**DIRECTIONS**
Across all lines of the entries, tally those with the word "under" in them. The reply is the tally, by itself.

DATA below:

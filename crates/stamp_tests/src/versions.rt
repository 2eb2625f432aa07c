//! What a stamp proves by the version of the policy: its time, or its time and its accuracy.

ghost use Rattle.std.specs.Prelude.{◌<◌, ◌^◌};

use crate::scene::{BEGIN, LATE, NOW, Scene, day};
use algorithms::DigestKind;
use sample_cases::{earliest_times, policy_of};
use sample_world::Role;
use std::alloc::Global;
use std::test::Fail;

// SHA-384 is accepted before the third second of day 20.
const TABLES: &str =
    "[[digest]]\nname = \"sha256\"\n[[digest]]\nname = \"sha384\"\nuntil = \"2030-01-21T00:00:02Z\"\n[[kind]]\nname = \"hss\"\nuri = [\"urn:sample:hss\"]\n";

// A scene by a policy of this version, with a stamp of day 20 and of this accuracy over the Reference.
fn scene_of(alloc: Global, version: u32, accuracy: u32) -> Result<Scene, Fail>
    requires { accuracy < 2 ^ 31 }
{
    let mut scene = Scene::new(alloc, 0)?;
    let world = &mut scene.world;
    let anchor = world.certificate(0, 0, day(0), day(LATE), Role::Authority)?;
    scene.policy = policy_of(alloc, version, anchor.as_slice(), TABLES)?;
    let world = &mut scene.world;
    let certificate = world.certificate(0, 1, day(BEGIN), day(LATE), Role::Stamper)?;
    let token = scene.token_with(1, certificate.as_slice(), 20, accuracy)?;
    scene.list(NOW, None)?;
    scene.stamp(&token, true, &[0])?;
    Ok(scene)
}

// Whether the Reference is proved at so many seconds of day 20, and SHA-384 is accepted then or not.
fn proves_after(scene: &Scene, seconds: u8, accepted: bool) -> Result<bool, Fail> {
    let times = earliest_times(scene.alloc, &scene.case, &scene.policy, day(NOW))?;
    let want = day(20) + i64::from(seconds);
    Ok(
        times.as_slice().first() == Some(&want)
            && scene.policy.digest_accepted(DigestKind::Sha384, want) == accepted,
    )
}

#[test]
fn version_1_proves_the_time(rt: HostRuntime) -> Result<(), Fail> {
    let scene = scene_of(rt.alloc(), 1, 3)?;
    assert!(rt; proves_after(&scene, 0, true)?);
    Ok(())
}

#[test]
fn version_2_proves_the_time_and_its_accuracy(rt: HostRuntime) -> Result<(), Fail> {
    let exact = scene_of(rt.alloc(), 2, 0)?;
    assert!(rt; proves_after(&exact, 0, true)?);
    let within = scene_of(rt.alloc(), 2, 3)?;
    assert!(rt; proves_after(&within, 3, false)?);
    Ok(())
}
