//! A certificate, a CRL and a token that are signed by XMSS^MT.

ghost use Rattle.std.specs.Prelude.{◌<◌};

use crate::scene::{BEGIN, LATE, NOW, Scene, covered, day};
use algorithms::SignatureKind;
use sample_cases::{certificate_anew, list_anew, policy_of, put_list, token_anew};
use sample_world::Role;
use std::alloc::Global;
use std::test::Fail;
use tst_tokens::{check_token, read_token};
use xa_io::Octs;

// Policies that accept one kind alone.
const XMSS_MT: &str =
    "[[digest]]\nname = \"sha256\"\n[[kind]]\nname = \"xmssmt\"\nuri = [\"urn:sample:xmssmt\"]\n";

const HSS: &str =
    "[[digest]]\nname = \"sha256\"\n[[kind]]\nname = \"hss\"\nuri = [\"urn:sample:hss\"]\n";

const KIND: SignatureKind = SignatureKind::XmssMt;

// The certificate of a key of the world, by key 0.
fn certificate(scene: &mut Scene, subject: u32, role: Role) -> Result<Octs, Fail>
    requires { subject < 256 }
{
    let world = &mut scene.world;
    let made = world.certificate(0, subject, day(BEGIN), day(LATE), role)?;
    Ok(certificate_anew(scene.alloc, world, KIND, made.as_slice())?)
}

fn put_the_list(scene: &mut Scene) -> Result<(), Fail> {
    let made = scene.world.crl(0, day(0), day(NOW), None)?;
    let list = list_anew(scene.alloc, &mut scene.world, KIND, made.as_slice())?;
    put_list(&mut scene.case, list.as_slice())?;
    Ok(())
}

// A token of day 20 by key 1.
fn token(scene: &mut Scene) -> Result<Octs, Fail> {
    let certificate = certificate(scene, 1, Role::Stamper)?;
    let made = scene.token_with(1, certificate.as_slice(), 20, 0)?;
    Ok(token_anew(scene.alloc, &mut scene.world, KIND, made.as_slice())?)
}

fn is_sound(alloc: Global, token: &Octs) -> bool {
    match read_token(token.as_slice()) {
        Ok(token) => check_token(alloc, &token, &covered()).is_ok(),
        Err(_) => false,
    }
}

fn put_the_stamp(scene: &mut Scene) -> Result<(), Fail> {
    let token = token(scene)?;
    let sound = is_sound(scene.alloc, &token);
    scene.stamp(&token, sound, &[0])?;
    Ok(())
}

// Whether the earliest times are these days by a policy with these tables.
fn proves_by(scene: &mut Scene, anchor: &Octs, tables: &str, days: &[u16]) -> Result<bool, Fail> {
    scene.policy = policy_of(scene.alloc, 1, anchor.as_slice(), tables)?;
    scene.proves(days)
}

#[test]
fn objects_signed_by_many_trees(rt: HostRuntime) -> Result<(), Fail> {
    let mut scene = Scene::new(rt.alloc(), 0)?;
    let anchor = certificate(&mut scene, 0, Role::Authority)?;
    put_the_list(&mut scene)?;
    put_the_stamp(&mut scene)?;
    assert!(rt; proves_by(&mut scene, &anchor, XMSS_MT, &[20, NOW, NOW, NOW, NOW])?);
    assert!(rt; proves_by(&mut scene, &anchor, HSS, &[NOW; 5])?);
    Ok(())
}
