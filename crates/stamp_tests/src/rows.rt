//! Rows of the earliest times: what stamps prove alone, in turn, and where a signer is revoked.

use crate::scene::{BEGIN, LATE, NOW, Scene, day};
use cert_paths::ObjectId;
use existence_times::Case;
use sample_cases::{CaseFault, put_certificate, put_list, put_stamp, put_token};
use sample_world::Role;
use std::alloc::Global;
use std::test::Fail;
use xa_io::Octs;

// The end of the stamper's certificate, the day of its token, whether the stamp is sound, the nextUpdate of the CRL, and the day that is
// proved.
const ALONE: [(u16, u16, bool, u16, u16); 8] = [
    (NOW, 20, true, NOW, 20),
    (NOW, BEGIN, true, NOW, BEGIN),
    (NOW, 101, true, NOW, NOW),
    // The stamp isn't sound, its certificate has ended or hadn't begun, or the CRL is past its nextUpdate.
    (NOW, 20, false, NOW, NOW),
    (99, 20, true, NOW, NOW),
    (NOW, 9, true, NOW, NOW),
    (NOW, 20, true, 99, NOW),
    (NOW, 20, true, 20, NOW),
];

#[test]
fn a_stamp_alone(rt: HostRuntime) -> Result<(), Fail> {
    let mut scene = Scene::new(rt.alloc(), 0)?;
    for (until, of, sound, next, want) in ALONE {
        scene.case = Case::new(scene.alloc, 1);
        scene.list(next, None)?;
        let token = scene.token(1, until, of)?;
        scene.stamp(&token, sound, &[0, 1])?;
        assert!(rt; scene.proves(&[want, want, NOW, NOW, NOW])?);
    }
    Ok(())
}

// Whether a stamp proves nothing under another anchor.
fn is_nothing_elsewhere(alloc: Global, token: &Octs) -> Result<bool, Fail> {
    let mut scene = Scene::new(alloc, 9)?;
    scene.list(NOW, None)?;
    scene.stamp(token, true, &[0])?;
    scene.proves(&[NOW, NOW, NOW, NOW, NOW])
}

#[test]
fn a_stamper_without_a_walk(rt: HostRuntime) -> Result<(), Fail> {
    let mut scene = Scene::new(rt.alloc(), 0)?;
    let token = scene.token(1, LATE, 20)?;
    scene.stamp(&token, true, &[0])?;
    assert!(rt; scene.proves(&[NOW, NOW, NOW, NOW])?);
    scene.list(NOW, None)?;
    assert!(rt; scene.proves(&[20, NOW, NOW, NOW, NOW])?);
    assert!(rt; is_nothing_elsewhere(rt.alloc(), &token)?);
    Ok(())
}

// Stamps are judged from last to first. The last one's certificate has ended, so its token, object 4, is accepted only at the time that
// the stamp before it proves. It proves a time of that one's token, object 6, in turn.
fn prove_in_turn(scene: &mut Scene, ended: &Octs, until: u16, days: &[u16]) -> Result<bool, Fail> {
    scene.case = Case::new(scene.alloc, 1);
    scene.list(NOW, None)?;
    let token = scene.token(1, until, 40)?;
    put_token(&mut scene.case, ended.as_slice())?;
    scene.stamp(&token, true, &[4])?;
    scene.stamp(ended, true, &[0, 6])?;
    scene.proves(days)
}

#[test]
fn stamps_that_prove_in_turn(rt: HostRuntime) -> Result<(), Fail> {
    let mut scene = Scene::new(rt.alloc(), 0)?;
    let ended = scene.token(2, 50, 30)?;
    let days = [30, NOW, NOW, NOW, 40, NOW, 30];
    assert!(rt; prove_in_turn(&mut scene, &ended, LATE, &days)?);
    assert!(rt; prove_in_turn(&mut scene, &ended, 50, &[NOW; 7])?);
    Ok(())
}

// Puts the two stamps behind the first, whose tokens are objects 4 and 6, and those tokens before.
fn put_two_behind(scene: &mut Scene, first: &Octs) -> Result<(), Fail> {
    let second = scene.token(2, 50, 30)?;
    let third = scene.token(2, 45, 20)?;
    put_token(&mut scene.case, second.as_slice())?;
    put_token(&mut scene.case, third.as_slice())?;
    scene.stamp(first, true, &[4])?;
    scene.stamp(&second, true, &[6])?;
    scene.stamp(&third, true, &[0])?;
    Ok(())
}

// The first stamp proves a time of the second one's token, that one of the third one's, and that one of the Reference.
#[test]
fn stamps_in_three_rounds(rt: HostRuntime) -> Result<(), Fail> {
    let mut scene = Scene::new(rt.alloc(), 0)?;
    scene.list(NOW, None)?;
    let first = scene.token(1, LATE, 40)?;
    put_two_behind(&mut scene, &first)?;
    assert!(rt; scene.proves(&[20, NOW, NOW, NOW, 40, NOW, 30, NOW, NOW])?);
    Ok(())
}

// The signer of the first stamp is revoked from a day on, and the later stamp proves day 40 of its token.
#[test]
fn a_signer_that_is_revoked(rt: HostRuntime) -> Result<(), Fail> {
    let mut scene = Scene::new(rt.alloc(), 0)?;
    let first = scene.token(1, LATE, 20)?;
    let later = scene.token(2, LATE, 40)?;
    for (date, want) in [(0, NOW), (39, NOW), (40, NOW), (41, 20), (NOW, 20)] {
        scene.case = Case::new(scene.alloc, 1);
        scene.list(NOW, Some(date))?;
        scene.stamp(&first, true, &[0])?;
        scene.stamp(&later, true, &[3, 4])?;
        assert!(rt; scene.proves(&[want, NOW, NOW, 40, 40, NOW, NOW])?);
    }
    Ok(())
}

// Whether a CRL that is put twice is one object, and no certificate.
fn is_one_list(case: &mut Case, list: &[u8]) -> Result<bool, CaseFault> {
    let object = put_list(case, list)?;
    Ok(
        put_list(case, list)? == object
            && matches!(put_certificate(case, list), Err(CaseFault::Shape)),
    )
}

// Whether a certificate that is put twice is one object, and no CRL.
fn is_one_certificate(case: &mut Case, certificate: &[u8]) -> Result<bool, CaseFault> {
    let object = put_certificate(case, certificate)?;
    Ok(
        put_certificate(case, certificate)? == object
            && matches!(put_list(case, certificate), Err(CaseFault::Shape)),
    )
}

// Whether a token that is put twice is one object, and covers no object that isn't there.
fn is_one_token(alloc: Global, case: &mut Case, token: &[u8]) -> Result<bool, CaseFault> {
    let object = put_stamp(alloc, case, token, true, &[0, 2])?;
    let again = put_stamp(alloc, case, token, true, &[6])?;
    let none = put_stamp(alloc, case, token, true, &[7]);
    Ok(object == again && matches!(none, Err(CaseFault::NoObject)))
}

#[test]
fn objects_that_are_there(rt: HostRuntime) -> Result<(), Fail> {
    let mut scene = Scene::new(rt.alloc(), 0)?;
    let mut case = Case::new(scene.alloc, 2);
    let list = scene.world.crl(0, day(0), day(NOW), None)?;
    assert!(rt; is_one_list(&mut case, list.as_slice())?);
    let world = &mut scene.world;
    let certificate = world.certificate(0, 1, day(0), day(NOW), Role::Signer)?;
    assert!(rt; is_one_certificate(&mut case, certificate.as_slice())?);
    let token = scene.token(2, LATE, 20)?;
    assert!(rt; is_one_token(rt.alloc(), &mut case, token.as_slice())?);
    assert!(rt; case.pool().objects() == 7);
    Ok(())
}

fn is_object(case: &Case, object: ObjectId, number: u32) -> bool {
    number < case.pool().objects() && case.pool().object(number) == object
}

#[test]
fn the_first_objects(rt: HostRuntime) {
    let case = Case::new(rt.alloc(), 2);
    assert!(rt; case.pool().objects() == 3 && is_object(&case, case.value(), 2));
    assert!(rt; is_object(&case, case.reference(1), 0) && is_object(&case, case.reference(2), 1));
}
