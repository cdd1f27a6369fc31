// A judgement, as the command writes it: a line of columns, and the same in words; and the verdicts, as the command is handed them.
//
// `put_judgement` is handed a buffer and a place in it, any place. It stores as much of its text as there is room for from there on, changes no
// other byte, and returns the place after the whole text, at most the largest place, which no buffer reaches.
#![tactic(auto)]

ghost use Rattle.std.specs.Prelude.{◌≡◌, map};
ghost use Rattle.base_sequences.specs.Stored.{Clipped};
ghost use Rattle.judgement_rules.specs.Judgement.{verdict_of, judgement};

use arc_rules::Judged;

// The verdict that a digit says, and a byte that is no verdict where it is no such digit. It is a byte, and no enum, since `arc::judge` is handed bytes
// and is itself the test of them.
#[tactic(auto, unfolding(judgement_rules::specs::Judgement::verdict_of, base_readers::specs::Texts::within))]
fn verdict(b: u8) -> u8
    ensures { result ≡ verdict_of b }
{
    match b {
        b'0'..=b'3' => b - b'0',
        _ => 255,
    }
}

// Digits turned into verdicts, in place. By index: of what is written through `iter_mut` a proof knows no element.
pub fn read_verdicts(word: &mut [u8])
    ensures { word.new ≡ map verdict_of word.old }
{
    for i in 0..word.len() {
        word[i] = verdict(word[i]);
    }
}

// Both lines of a judgement.
pub fn put_judgement(j: Judged, out: &mut [u8], to: usize) -> usize
    ensures { Clipped out.old to (judgement j) out.new result }
{
    let a = judgement_lines::put_columns(j, out, to);
    let b = judgement_lines::words::put_chain(j, out, a);
    text_write::put_byte(b'\n', out, b)
}
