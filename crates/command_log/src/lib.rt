// What `strip --log` says of the fields that go, written into a lent buffer.
//
//   put_log(block, list, out)   a line for each field that goes (`log_of` in command_log_rules), or nothing where stripping refuses
//
// It stores as much of the text as there is room for at the front of `out`, changes no other byte, and returns the length of the whole text, at most the
// largest place, which no buffer reaches. Every byte of a field is written as in a report, so none can end a line.
#![tactic(auto)]

ghost use Rattle.base_sequences.specs.Stored.{Clipped};
ghost use Rattle.block_rules.specs.Fields.{fields};
ghost use Rattle.command_log_rules.specs.Log.{goes_line, line_by, lines_by, log_of};

use base_answers::Number;
use block::{Next, Walk};

// So many bytes of a field are shown at most.
const SHOWN: usize = 64;

// The line of a field that goes.
fn put_goes(n: usize, field: &[u8], out: &mut [u8], to: usize) -> usize
    ensures { Clipped out.old to (goes_line n field.now) out.new result }
{
    let front = text_parts::part(field, 0, SHOWN);
    let a = text_write::put_part(b"orbendash: goes: ", out, to);
    let b = text_write::decimals::put_decimal(n as u64, out, a);
    let c = text_write::put_part(b": ", out, b);
    let d = report_escape::put_escaped(front, out, c);
    text_write::put_part(b"\n", out, d)
}

// The same by its mark: nothing of a field that stays.
fn put_line(mark: u8, n: usize, field: &[u8], out: &mut [u8], to: usize) -> usize
    ensures { Clipped out.old to (line_by mark n field.now) out.new result }
{
    if mark == 1 {
        return put_goes(n, field, out, to);
    }
    to
}

// The lines of the fields of a block by their marks, up to the first refusal. The walk goes on from what the splitter answers, so there is no range to go
// over.
fn put_lines(s: &[u8], marks: &[u8], out: &mut [u8]) -> usize
    ensures { Clipped out.old 0 (lines_by marks.now 0 (fields s.now).items) out.new result }
{
    let fresh = Walk::fresh();
    let mut at = fresh.at;
    let mut count = fresh.count;
    let mut to: usize = 0;
    loop {
        match block::next_field(s, Walk { at, count }) {
            Next::Field {
                start,
                name_end: _,
                body_start: _,
                end,
            } => {
                let mark = base_readers::byte(marks, count, 0);
                count += 1;
                to = put_line(mark, count, &s[start..end], out, to);
                at = end;
            }
            Next::End => return to,
            Next::Refused {
                number: _,
                place: _,
            } => return to,
        }
    }
}

// What is logged of a block by our own list: the fields that go are marked first, with room for as many as there may be.
pub fn put_log(block: &[u8], list: &[u8], out: &mut [u8]) -> usize
    ensures { Clipped out.old 0 (log_of block.now list.now) out.new result }
{
    let mut marks = strip_rooms::marks();
    let m = strip::mark(block, list, &mut marks);
    if m.number != Number::DONE {
        return 0;
    }
    put_lines(block, &marks[..m.written], out)
}
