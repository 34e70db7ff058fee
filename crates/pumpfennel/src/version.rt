// The library's version as one number. Written by tools/generate from VERSION.
ghost use Rattle.std.specs.Prelude.{◌≡◌};

// Major * 10,000 + minor * 100 + patch: a caller holds it against the header's PUMPFENNEL_VERSION_NUMBER.
#[unsafe(no_mangle)]
pub extern "C" fn pumpfennel_version() -> u64
    ensures { result ≡ 502 }
{
    502
}

// The same under a name that changes with the interface: the header and the binding name it, so that what was made for another
// interface doesn't link.
#[unsafe(no_mangle)]
pub extern "C" fn pumpfennel_interface_0_5() -> u64
    ensures { result ≡ 502 }
{
    502
}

End of DATA.

**EXERCISE ANSWER**
2